HTTP Authentication

Basic vs Bearer, WWW-Authenticate, 401 vs 403, tokens/JWT vs sessions/cookies, and why HTTPS is non-negotiable.

HTTP authentication is the process of proving who made a request. HTTP is stateless, so every request must identify itself. When a server requires authentication for a protected resource, it responds with 401 Unauthorized and a WWW-Authenticate header naming the scheme it expects.

GET /v1/me HTTP/1.1

HTTP/1.1 401 Unauthorized
WWW-Authenticate: Bearer realm="api", error="invalid_token"

Basic vs Bearer

The two most basic Authorization schemes are Basic and Bearer. Basic sends username:password Base64-encoded. Beware: Base64 is encoding, not encryption — anyone can reverse it. So Basic must only ever run over HTTPS.

GET /v1/me HTTP/1.1
Authorization: Basic dXNlcjpwYXNzd29yZA==

GET /v1/me HTTP/1.1
Authorization: Bearer eyJhbGciOiJIUzI1NiIsInR5cCI6IkpXVCJ9...
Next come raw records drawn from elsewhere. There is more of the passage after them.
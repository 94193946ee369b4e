//! Rows of ints alone, which are put where they are to stand.
ghost use Rattle.std.specs.Prelude.{◌≡◌, ◌<◌, ◌^◌, All, IfOk, IfSome, IsTrue, length, map, ⊤};
ghost use Rattle.rel_base.specs.Limits.{most_rows};
ghost use Rattle.rel_base.specs.declared.relations.Column.{Column as Header};
ghost use Rattle.rel_base.specs.declared.values.ColType.TheVariants as kind;
ghost use Rattle.rel_base.specs.declared.values.Value.TheVariants as value;
ghost use Rattle.relation_csv.specs.inner.PlainLines.{AddsRow, BeginsWithInt};

use crate::fields::int_of;
use crate::plain::{first_field, first_number};
use rel_base::{ColType, Memory, RowSource, Rows, Schema, Value};
use std::alloc::Global;
use std::marker::Model;

/// The numbers of a row.
#[derive(Drop)]
struct IntRow<'a> {
    numbers: &'a [i64],
}

impl<'a> Model for IntRow<'a> {
    ghost use Rattle.std.specs.Prelude.{List, ◌^◌, ◌<◌, length, map};
    ghost use Rattle.rel_base.specs.declared.values.Value.{Value as Datum};
    ghost use Rattle.rel_base.specs.declared.values.Value.TheVariants as value;

    ghost Value = { List Datum };

    ghost view = { λ r. map value.Int r.numbers.now };

    ghost invariant = { λ r. length r.numbers.now < 2 ^ 32 };
}

impl<'a> IntRow<'a> {
    /// The row of these numbers.
    #[inline(always)]
    fn of(numbers: &'a [i64]) -> IntRow<'a>
        requires { length numbers.now < 2 ^ 32 }
        ensures { result ≡ map value.Int numbers.entry.now }
    {
        IntRow { numbers }
    }
}

impl<'a> RowSource for IntRow<'a> {
    type Fault = Memory;

    ghost values = { λ row. row };

    ghost is_made = { λ _. ⊤ };

    ghost is_fault = { λ _ _. ⊤ };

    #[inline(always)]
    fn width(&self) -> u32 {
        self.numbers.len() as u32
    }

    #[inline(always)]
    fn put_values(&self, into: &mut Vec<Value>) -> Result<(), Memory> {
        for number in self.numbers {
            into.push(Value::Int(*number))?;
        }
        Ok(())
    }

    fn refused(&self) -> Memory {
        Memory
    }
}

/// Whether all columns are of ints.
pub(crate) fn are_ints(schema: &Schema) -> bool
    ensures { IsTrue result → All (λ (c : Header). c.kind ≡ kind.Int) schema.now }
{
    for column in schema.as_slice() {
        if column.kind != ColType::Int {
            return false;
        }
    }
    true
}

/// The number that the first field of a text writes, whether another field follows it in its
/// record, and what stands behind it.
#[inline(always)]
fn first_int(text: &str) -> Option<(i64, bool, &str)>
    ensures { IfSome result
        (λ (number, more, rest). BeginsWithInt text.now number more rest.now) }
{
    if let Some((_, number, more, rest)) = first_number(text) {
        return Some((number, more, rest));
    }
    let (field, more, rest) = first_field(text)?;
    let number = int_of(field)?;
    Some((number, more, rest))
}

/// Adds the row of the record with which a text begins, the next one behind these rows, and gives
/// what stands behind the record. Its numbers are gathered first, in a list that is used again and
/// again.
#[inline(always)]
pub(crate) fn push_ints_of<'a>(
    alloc: Global,
    schema: &Schema,
    line: &'a str,
    numbers: &mut Vec<i64>,
    rows: &mut Rows,
) -> Result<Option<&'a str>, Memory>
    requires ints { All (λ (c : Header). c.kind ≡ kind.Int) schema.now }
    requires few { length rows.old < most_rows }
    ensures { IfOk result (λ found. IfSome found (λ rest.
        AddsRow schema.now line.now rows.old rows.new rest.now)) }
{
    numbers.clear();
    let mut left = line;
    let mut more = true;
    for _column in schema.as_slice() {
        if !more {
            return Ok(None);
        }
        let Some((number, follows, rest)) = first_int(left) else {
            return Ok(None);
        };
        numbers.push(number)?;
        left = rest;
        more = follows;
    }
    if more {
        return Ok(None);
    }
    rows.push_made(alloc, &IntRow::of(numbers))?;
    Ok(Some(left))
}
Bearer means 'grant access to whoever bears this token.' You send a previously issued token (usually an OAuth 2.0 access token or a JWT) as-is. Possession of the token is sufficient, so a leaked token is immediately abusable. That's why Bearer also requires HTTPS, and tokens should carry short expirations.

401 vs 403

This is the most commonly confused pair. Despite its name, 401 Unauthorized means an authentication failure — 'I don't know who you are; present credentials.' 403 Forbidden means 'you're authenticated and I know who you are, but you lack authorization for this action.' Logged in but hitting an admin-only page → 403. Not logged in, or an expired token → 401.

Tokens/JWT vs sessions/cookies

There are two broad families for keeping someone authenticated across requests.

When you use cookies, the security attributes matter. HttpOnly blocks JavaScript access and protects the token from XSS; Secure restricts it to HTTPS; SameSite mitigates CSRF. Storing a Bearer token in the browser's localStorage is XSS-exposed, so an HttpOnly cookie is often the safer choice.

Why HTTPS is required

Whether Basic or Bearer, credentials and tokens travel in request headers essentially in the clear. Sent without HTTPS, an attacker on the same network can sniff and reuse them to take over the account. Every form of authentication must therefore run over TLS (HTTPS) — not optional, but a minimum requirement.